— What is needed —
Answer with a single number stating how many lines of the entries below include the string "Model".

— Input data —
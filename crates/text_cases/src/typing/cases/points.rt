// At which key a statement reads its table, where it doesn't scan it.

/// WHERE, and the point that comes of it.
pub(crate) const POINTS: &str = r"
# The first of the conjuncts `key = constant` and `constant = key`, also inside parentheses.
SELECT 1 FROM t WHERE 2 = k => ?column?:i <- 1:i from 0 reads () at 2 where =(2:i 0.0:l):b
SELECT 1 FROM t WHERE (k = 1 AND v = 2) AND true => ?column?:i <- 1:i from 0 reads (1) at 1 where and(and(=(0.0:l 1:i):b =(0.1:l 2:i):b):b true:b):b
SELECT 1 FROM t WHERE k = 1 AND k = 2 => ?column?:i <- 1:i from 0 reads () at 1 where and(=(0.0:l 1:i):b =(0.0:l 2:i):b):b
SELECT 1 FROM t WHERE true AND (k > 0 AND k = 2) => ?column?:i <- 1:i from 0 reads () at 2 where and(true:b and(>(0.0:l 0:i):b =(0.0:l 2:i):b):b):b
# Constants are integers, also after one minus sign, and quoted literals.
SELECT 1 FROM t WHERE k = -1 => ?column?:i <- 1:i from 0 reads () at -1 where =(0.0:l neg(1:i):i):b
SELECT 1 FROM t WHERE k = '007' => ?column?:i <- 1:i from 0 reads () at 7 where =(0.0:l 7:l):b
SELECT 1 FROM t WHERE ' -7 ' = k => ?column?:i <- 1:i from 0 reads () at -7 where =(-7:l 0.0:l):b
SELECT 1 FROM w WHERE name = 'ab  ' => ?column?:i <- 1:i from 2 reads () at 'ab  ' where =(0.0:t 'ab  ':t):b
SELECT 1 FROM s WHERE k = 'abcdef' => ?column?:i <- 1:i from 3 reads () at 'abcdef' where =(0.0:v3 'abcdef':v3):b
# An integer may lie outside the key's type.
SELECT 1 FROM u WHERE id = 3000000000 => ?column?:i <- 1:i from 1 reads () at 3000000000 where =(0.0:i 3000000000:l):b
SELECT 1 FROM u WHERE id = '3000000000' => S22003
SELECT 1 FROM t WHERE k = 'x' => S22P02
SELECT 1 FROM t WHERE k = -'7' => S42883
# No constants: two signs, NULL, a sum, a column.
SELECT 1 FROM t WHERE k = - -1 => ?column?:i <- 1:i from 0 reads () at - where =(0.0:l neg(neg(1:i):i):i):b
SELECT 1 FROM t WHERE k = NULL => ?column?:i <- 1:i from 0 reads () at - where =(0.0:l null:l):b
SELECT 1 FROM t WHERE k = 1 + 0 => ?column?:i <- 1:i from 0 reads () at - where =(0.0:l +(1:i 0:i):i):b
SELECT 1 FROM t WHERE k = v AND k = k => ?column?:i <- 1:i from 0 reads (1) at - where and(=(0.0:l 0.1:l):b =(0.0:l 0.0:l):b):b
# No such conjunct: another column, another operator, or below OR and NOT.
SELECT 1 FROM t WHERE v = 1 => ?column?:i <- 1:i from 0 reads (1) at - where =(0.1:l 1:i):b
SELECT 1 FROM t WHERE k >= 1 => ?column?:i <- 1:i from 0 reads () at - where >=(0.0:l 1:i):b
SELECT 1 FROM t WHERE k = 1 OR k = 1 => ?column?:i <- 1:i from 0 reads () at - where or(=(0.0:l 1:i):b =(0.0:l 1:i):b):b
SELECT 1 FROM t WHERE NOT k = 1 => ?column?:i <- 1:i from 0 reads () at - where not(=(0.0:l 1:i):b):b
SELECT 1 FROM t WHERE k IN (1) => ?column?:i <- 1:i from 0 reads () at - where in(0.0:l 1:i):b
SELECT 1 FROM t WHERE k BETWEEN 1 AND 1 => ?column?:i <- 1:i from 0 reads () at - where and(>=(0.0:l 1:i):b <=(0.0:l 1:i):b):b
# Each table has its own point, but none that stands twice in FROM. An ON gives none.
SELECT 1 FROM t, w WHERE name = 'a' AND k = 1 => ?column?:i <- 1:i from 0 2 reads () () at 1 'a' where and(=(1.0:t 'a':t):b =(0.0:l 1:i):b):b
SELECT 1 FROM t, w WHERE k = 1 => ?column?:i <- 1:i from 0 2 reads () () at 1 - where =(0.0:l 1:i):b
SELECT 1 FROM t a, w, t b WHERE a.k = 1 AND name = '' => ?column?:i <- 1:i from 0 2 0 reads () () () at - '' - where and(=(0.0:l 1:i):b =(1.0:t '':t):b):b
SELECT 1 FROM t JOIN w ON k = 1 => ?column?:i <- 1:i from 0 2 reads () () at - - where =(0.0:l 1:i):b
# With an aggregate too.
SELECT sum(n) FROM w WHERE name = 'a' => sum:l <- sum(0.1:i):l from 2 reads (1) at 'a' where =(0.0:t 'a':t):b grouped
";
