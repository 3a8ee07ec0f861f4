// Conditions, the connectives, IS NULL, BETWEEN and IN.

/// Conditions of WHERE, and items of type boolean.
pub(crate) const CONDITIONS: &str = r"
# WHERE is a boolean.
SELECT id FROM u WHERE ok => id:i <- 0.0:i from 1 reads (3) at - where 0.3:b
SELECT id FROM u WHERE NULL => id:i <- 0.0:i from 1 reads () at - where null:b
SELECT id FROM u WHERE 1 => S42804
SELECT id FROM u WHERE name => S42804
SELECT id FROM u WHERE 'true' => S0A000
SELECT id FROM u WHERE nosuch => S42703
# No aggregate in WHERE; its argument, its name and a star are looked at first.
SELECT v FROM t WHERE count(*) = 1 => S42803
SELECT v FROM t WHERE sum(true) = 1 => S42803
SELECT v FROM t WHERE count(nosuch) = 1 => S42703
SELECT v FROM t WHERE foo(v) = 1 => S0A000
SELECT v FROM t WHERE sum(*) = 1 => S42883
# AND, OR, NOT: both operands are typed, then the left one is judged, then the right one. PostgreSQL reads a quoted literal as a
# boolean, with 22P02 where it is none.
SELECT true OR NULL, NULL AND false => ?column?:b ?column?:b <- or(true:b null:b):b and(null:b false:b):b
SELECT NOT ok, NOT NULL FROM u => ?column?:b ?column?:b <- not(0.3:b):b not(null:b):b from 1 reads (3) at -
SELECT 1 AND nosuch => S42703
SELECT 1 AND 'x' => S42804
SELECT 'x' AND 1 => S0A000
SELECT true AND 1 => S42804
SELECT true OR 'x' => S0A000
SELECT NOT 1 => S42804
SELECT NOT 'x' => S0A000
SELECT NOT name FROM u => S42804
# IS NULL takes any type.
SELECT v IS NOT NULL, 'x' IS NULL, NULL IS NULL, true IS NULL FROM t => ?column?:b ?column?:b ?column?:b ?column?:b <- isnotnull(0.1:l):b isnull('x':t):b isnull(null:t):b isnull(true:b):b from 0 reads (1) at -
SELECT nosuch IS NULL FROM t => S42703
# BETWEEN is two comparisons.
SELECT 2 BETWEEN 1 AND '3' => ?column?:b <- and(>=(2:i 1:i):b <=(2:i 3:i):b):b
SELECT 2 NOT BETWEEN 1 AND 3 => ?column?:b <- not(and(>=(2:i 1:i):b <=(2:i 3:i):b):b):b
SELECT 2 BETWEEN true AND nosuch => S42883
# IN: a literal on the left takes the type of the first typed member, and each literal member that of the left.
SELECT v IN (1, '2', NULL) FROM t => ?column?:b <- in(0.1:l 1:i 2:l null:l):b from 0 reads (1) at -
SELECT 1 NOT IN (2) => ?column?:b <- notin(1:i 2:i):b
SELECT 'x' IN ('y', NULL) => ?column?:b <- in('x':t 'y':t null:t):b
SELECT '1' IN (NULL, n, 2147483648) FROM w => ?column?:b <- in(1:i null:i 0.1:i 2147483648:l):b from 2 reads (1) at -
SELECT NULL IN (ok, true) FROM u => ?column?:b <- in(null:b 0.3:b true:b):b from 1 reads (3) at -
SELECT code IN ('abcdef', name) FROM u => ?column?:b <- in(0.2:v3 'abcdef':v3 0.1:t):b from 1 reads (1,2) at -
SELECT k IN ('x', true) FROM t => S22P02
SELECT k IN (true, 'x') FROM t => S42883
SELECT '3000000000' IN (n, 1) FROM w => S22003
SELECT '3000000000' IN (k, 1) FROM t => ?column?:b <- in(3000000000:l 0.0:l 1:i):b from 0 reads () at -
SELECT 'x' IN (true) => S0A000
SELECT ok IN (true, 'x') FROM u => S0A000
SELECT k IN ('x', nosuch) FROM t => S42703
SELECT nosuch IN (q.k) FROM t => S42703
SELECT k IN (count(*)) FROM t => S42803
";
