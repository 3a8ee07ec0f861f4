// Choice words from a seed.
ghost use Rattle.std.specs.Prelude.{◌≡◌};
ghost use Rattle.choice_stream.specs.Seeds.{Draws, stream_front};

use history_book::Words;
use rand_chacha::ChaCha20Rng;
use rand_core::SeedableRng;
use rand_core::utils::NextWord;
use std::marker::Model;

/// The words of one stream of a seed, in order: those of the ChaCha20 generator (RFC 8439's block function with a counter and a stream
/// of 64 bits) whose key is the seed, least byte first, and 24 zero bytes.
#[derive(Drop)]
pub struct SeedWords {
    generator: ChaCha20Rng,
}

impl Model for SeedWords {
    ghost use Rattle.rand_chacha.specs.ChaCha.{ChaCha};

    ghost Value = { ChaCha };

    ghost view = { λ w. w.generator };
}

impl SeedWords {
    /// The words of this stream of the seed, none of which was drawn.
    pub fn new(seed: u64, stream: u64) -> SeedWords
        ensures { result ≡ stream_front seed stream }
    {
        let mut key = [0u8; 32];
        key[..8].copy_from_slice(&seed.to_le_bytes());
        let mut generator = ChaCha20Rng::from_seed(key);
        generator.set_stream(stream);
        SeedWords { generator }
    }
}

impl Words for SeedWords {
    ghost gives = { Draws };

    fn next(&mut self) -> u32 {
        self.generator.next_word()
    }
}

— Result of this exercise —
2